_WHAT THE TASK REQUIRES_
Establish how many lines in the entries hold the string "Takes". The number by itself is the whole answer.

━━ MATERIAL PROVIDED

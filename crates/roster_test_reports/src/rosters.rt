//! The roster of a report.

use crate::given::book;
use roster_desk_reports::{
    pairing_named, person_named, read_known_roster, read_report, read_roster,
};
use std::test::Fail;

#[test]
fn crew_lines_say_who_has_what(rt: HostRuntime) -> Result<(), Fail> {
    let problem = book(rt.alloc())?;
    let roster = [0u16, 1, 6, 6, 6, 1, 6, 6, 6, 6];
    let nothing = [6u16; 10];
    for &(text, places) in &[
        (
            "ROSTER 2024-03\nCOST 9\nCREW A 0 480 480 480 0 P1\nCREW B 0 0 0 0 0 P2 P6\nOPEN P3\n",
            &roster,
        ),
        (
            "PLAN 2024-03\nBOUND 0\nCREW B 1 2 3 4 5 P6 P2\nLOCKED F DUTY7\nCREW A 1 2 3 4 5 P1\n",
            &roster,
        ),
        (
            "\u{feff}\r\n ROSTER\t2024-03\r\n\r\nCREW A 00 1 2 3 99999999999 P1\r\nCREW B 0 0 0 0 0 P2 - P6",
            &roster,
        ),
        (
            "ROSTER 2024-03\nCREW B 0 0 0 0 0 P2\nCREW A 0 0 0 0 0 P1\nCREW B 0 0 0 0 0 P6\n",
            &roster,
        ),
        ("ROSTER 2024-03", &nothing),
        ("PLAN 2024-03\nCREW A 0 0 0 0 0 -\nOPEN P1\n", &nothing),
    ] {
        let found = read_roster(rt.alloc(), &problem, text.as_bytes())?;
        assert!(rt; found.as_slice() == places.as_slice(), "{text}");
        let known = read_known_roster(rt.alloc(), &problem, text.as_bytes())?;
        assert!(rt; known.as_slice() == places.as_slice(), "{text}");
    }
    Ok(())
}

#[test]
fn what_the_book_lacks_is_passed_over(rt: HostRuntime) -> Result<(), Fail> {
    let problem = book(rt.alloc())?;
    let text =
        b"ROSTER 2024-03\nCREW G 0 0 0 0 0 P1\nCREW A 0 0 0 0 0 P99 P2 p3\nCREW F 0 0 0 0 0 P10\n";
    let found = read_known_roster(rt.alloc(), &problem, text)?;
    let places = [6u16, 0, 6, 6, 6, 6, 6, 6, 6, 5];
    assert!(rt; found.as_slice() == places.as_slice());
    Ok(())
}

#[test]
fn a_report_is_read_without_a_book(rt: HostRuntime) -> Result<(), Fail> {
    let text = b"\n\nPLAN 1971-01\n\nCREW X 0 0 0 0 0 Y Z\nCREW X 0 0 0 0 0 -\n";
    let report = read_report(rt.alloc(), text)?;
    assert_eq!(rt; report.first, 3);
    assert!(rt; report.period.year() == 1971 && report.period.month() == 1);
    assert_eq!(rt; report.crew.len(), 2);
    assert_eq!(rt; report.crew[0].line, 5);
    assert!(rt; report.crew[0].person.as_bytes() == b"X".as_slice());
    assert_eq!(rt; report.crew[0].pairings.len(), 2);
    assert!(rt; report.crew[0].pairings[1].as_bytes() == b"Z".as_slice());
    assert_eq!(rt; report.crew[1].line, 6);
    assert!(rt; report.crew[1].pairings.is_empty());
    Ok(())
}

#[test]
fn names_are_found_in_the_book(rt: HostRuntime) -> Result<(), Fail> {
    let problem = book(rt.alloc())?;
    for &(name, place) in &[
        ("P1", Some(0)),
        ("P10", Some(9)),
        ("P11", None),
        ("P", None),
        ("p1", None),
        ("A", None),
        ("", None),
    ] {
        assert!(rt; pairing_named(&problem, name.as_bytes()) == place, "{name}");
    }
    for &(name, place) in &[
        ("A", Some(0)),
        ("F", Some(5)),
        ("G", None),
        ("a", None),
        ("A ", None),
        ("P1", None),
        ("", None),
    ] {
        assert!(rt; person_named(&problem, name.as_bytes()) == place, "{name}");
    }
    Ok(())
}
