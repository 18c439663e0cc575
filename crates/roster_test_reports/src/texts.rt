//! Records made of a report, and what the book doesn't have of it.

use crate::given::book;
use roster_desk_reports::{assigns_text, read_report, unknown_text};
use std::test::Fail;

#[test]
fn reports_make_assign_records(rt: HostRuntime) -> Result<(), Fail> {
    for &(text, records) in &[
        ("PLAN 2024-03\n", ""),
        ("ROSTER 2024-03\nCREW A 0 0 0 0 0 -\nOPEN P1\n", ""),
        (
            "ROSTER 2024-03\nCREW B 0 0 0 0 0 P6 - P2\nCREW A 0 0 0 0 0 P1\n",
            "assign,P6,B\nassign,P2,B\nassign,P1,A\n",
        ),
        (
            "ROSTER 2024-03\nCREW ABCDEFGHIJKLMNOP 0 0 0 0 0 0-a_Z\n",
            "assign,0-a_Z,ABCDEFGHIJKLMNOP\n",
        ),
    ] {
        let report = read_report(rt.alloc(), text.as_bytes())?;
        let found = assigns_text(rt.alloc(), &report)?;
        assert!(rt; found.as_slice() == records.as_bytes(), "{text}");
    }
    Ok(())
}

#[test]
fn what_the_book_lacks_is_told(rt: HostRuntime) -> Result<(), Fail> {
    let problem = book(rt.alloc())?;
    for &(text, lines) in &[
        ("PLAN 2024-03\n", ""),
        (
            "ROSTER 2024-03\nCREW A 0 0 0 0 0 P1 P10\nCREW F 0 0 0 0 0 -\nOPEN P11\n",
            "",
        ),
        (
            "ROSTER 1999-03\nCREW A 0 0 0 0 0 P9 P11 P1\n",
            "not in the book: P11 of A\n",
        ),
        (
            "ROSTER 2024-03\nCREW G 0 0 0 0 0 P99\nCREW A 0 0 0 0 0 P99 P2 p3\nCREW H 0 0 0 0 0 -\n",
            "not in the book: person G\nnot in the book: P99 p3 of A\nnot in the book: person H\n",
        ),
    ] {
        let found = unknown_text(rt.alloc(), &problem, text.as_bytes())?;
        assert!(rt; found.as_slice() == lines.as_bytes(), "{text}");
    }
    Ok(())
}
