// Reads lines from standard input and writes their log to standard output.
#![tactic(auto)]

use logs::log::{MOST_BYTES, log};
use std::io;
use std::io::{Read, Write};

// The part of standard input that is answered: all of it, or its first `MOST_BYTES` bytes. The rest is not read.
fn read_input(rt: &HostRuntime) -> io::Result<Vec<u8>> {
    let mut input = Vec::new(rt.alloc());
    rt.stdin().take(MOST_BYTES as u64).read_to_end(&mut input)?;
    Ok(input)
}

fn run(rt: &HostRuntime) -> anyhow::Result<()> {
    let input = read_input(rt)?;
    let answered = log(rt.alloc(), &input)?;
    rt.stdout().write_all(&answered)?;
    Ok(())
}

// An error goes to standard error, by its text, and the program ends with status 1.
fn main(rt: HostRuntime) -> anyhow::Result<()> {
    run(&rt)
}
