//! The layers between the frames of one link and the fragments that they carry.
ghost use Rattle.std.specs.Prelude.{
  ◌≡◌,
  ◌≤◌,
  ◌&&◌,
  ℕ,
  List,
  [],
  ◌∷◌,
  ◌++◌,
  length,
  option_map,
  option_and_then,
  option_to_list,
  IsTrue,
  IfOk,
  OnOk,
  OnErr,
  IfSome,
};
ghost use Rattle.dnp_link.specs.Frame.{FrameContent};
ghost use Rattle.dnp_link.specs.FrameContent.{content};
ghost use Rattle.dnp_link.specs.Secondary.{is_status};
ghost use Rattle.dnp_transport.specs.Segment.{may_begin};
ghost use Rattle.dnp_transport.specs.Series.{step};
ghost use Rattle.dnp_transport.specs.Runs.{series_after, fragment_in};
ghost use Rattle.dnp_receive.specs.Answers.{is_delivery, handed_on, reply_in};
ghost use Rattle.dnp_receive.specs.Completion.{reply_owed, fragment_completed, may_begin_fragment};
ghost use Rattle.dnp_receive.specs.Receiver.{HasTaken};

use dnp_link::{Answer, Frame, Secondary};
use dnp_transport::{Assembler, Taken};
use gw_model::Memory;
use std::alloc::Global;
use std::marker::Model;

/// What receives the frames of one link: the secondary station, and the assembler of the segments that it
/// delivers.
#[derive(Drop)]
pub struct Receiver {
    secondary: Secondary,
    assembler: Assembler,
}

impl Model for Receiver {
    ghost use Rattle.dnp_receive.specs.Receiver.{Reception};

    ghost Value = { Reception };

    ghost view = { λ r. record { station = r.secondary; series = r.assembler } };
}

/// What a frame brings: the reply that the link owes, and the octets of the fragment that it completes.
#[derive(Drop)]
pub struct Received {
    pub reply: Option<[u8; 10]>,
    pub fragment: Option<Vec<u8>>,
}

impl Receiver {
    /// The receiver at an address, which no frame has come to. It answers to the primary station at `peer`.
    pub fn new(alloc: Global, own: u16, peer: u16) -> Receiver
        ensures { HasTaken own peer [] result }
    {
        Receiver {
            secondary: Secondary::new(own, peer),
            assembler: Assembler::new(alloc),
        }
    }

    /// Whether a frame tells the status of the link, which is asked for by REQUEST_LINK_STATUS.
    pub fn is_status(&self, frame: &Frame) -> bool
        ensures { result ≡ is_status self.now.station (content frame.now) }
    {
        self.secondary.is_status(frame)
    }

    /// Takes a frame of the link. What it brings is told by it and all frames before it; the link may owe a reply
    /// whether or not a fragment is complete.
    pub fn take(&mut self, frame: &Frame) -> Result<Received, Memory>
        ensures taken { (own peer : ℕ) (before : List FrameContent) → HasTaken own peer before self.old
            → OnOk result (HasTaken own peer (before ++ content frame.now ∷ []) self.new) }
        ensures reply { (own peer : ℕ) (before : List FrameContent) → HasTaken own peer before self.old
            → IfOk result (λ received. received.reply ≡ reply_owed own peer before (content frame.now)) }
        ensures fragment { (own peer : ℕ) (before : List FrameContent) → HasTaken own peer before self.old
            → IfOk result (λ received. option_map (λ f. f.items) received.fragment
            ≡ fragment_completed own peer before (content frame.now)) }

        // A fragment is short enough to be read as a response.
        ensures short { IfOk result (λ received. IfSome received.fragment (λ f. length f.items ≤ 2048)) }
        ensures err { OnErr result (self.new ≡ self.old) }

        // Memory is needed only where a fragment begins.
        ensures memory { OnErr result (IsTrue (may_begin_fragment self.old.station (content frame.now))) }
    {
        let mut secondary = self.secondary;
        let answer = secondary.take(frame);
        let reply = reply_in(&answer);
        let fragment = completed_by(&mut self.assembler, &answer, frame.user())?;
        self.secondary = secondary;
        Ok(Received { reply, fragment })
    }
}

/// The answer hands the user data of the frame on.
fn delivers(answer: &Answer) -> bool
    ensures { result ≡ is_delivery answer.now }
{
    matches!(answer, Answer::Deliver | Answer::Both(_))
}

/// The reply that the answer asks for.
fn reply_in(answer: &Answer) -> Option<[u8; 10]>
    ensures { result ≡ reply_in answer.now }
{
    match answer {
        Answer::Reply(reply) | Answer::Both(reply) => Some(*reply),
        Answer::Deliver | Answer::Ignore => None,
    }
}

/// Takes the user data of a frame, where the answer hands them on: the fragment that they complete, if any.
fn completed_by(
    assembler: &mut Assembler,
    answer: &Answer,
    user: &[u8],
) -> Result<Option<Vec<u8>>, Memory>
    ensures fragment { IfOk result (λ fragment. option_map (λ f. f.items) fragment
        ≡ option_and_then (λ segment. fragment_in (step assembler.old segment).0) (handed_on answer.now user.now)) }
    ensures series { OnOk result (assembler.new
        ≡ series_after assembler.old (option_to_list (handed_on answer.now user.now))) }
    ensures short { IfOk result (λ fragment. IfSome fragment (λ f. length f.items ≤ 2048)) }
    ensures err { OnErr result (assembler.new ≡ assembler.old) }
    ensures memory { OnErr result (IsTrue (is_delivery answer.now && may_begin user.now)) }
{
    if !delivers(answer) {
        return Ok(None);
    }
    match assembler.segment(user)? {
        Taken::Fragment(fragment) => Ok(Some(fragment)),
        Taken::More | Taken::Dropped(_) => Ok(None),
    }
}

━━━━

_WRITTEN RESPONSE_
2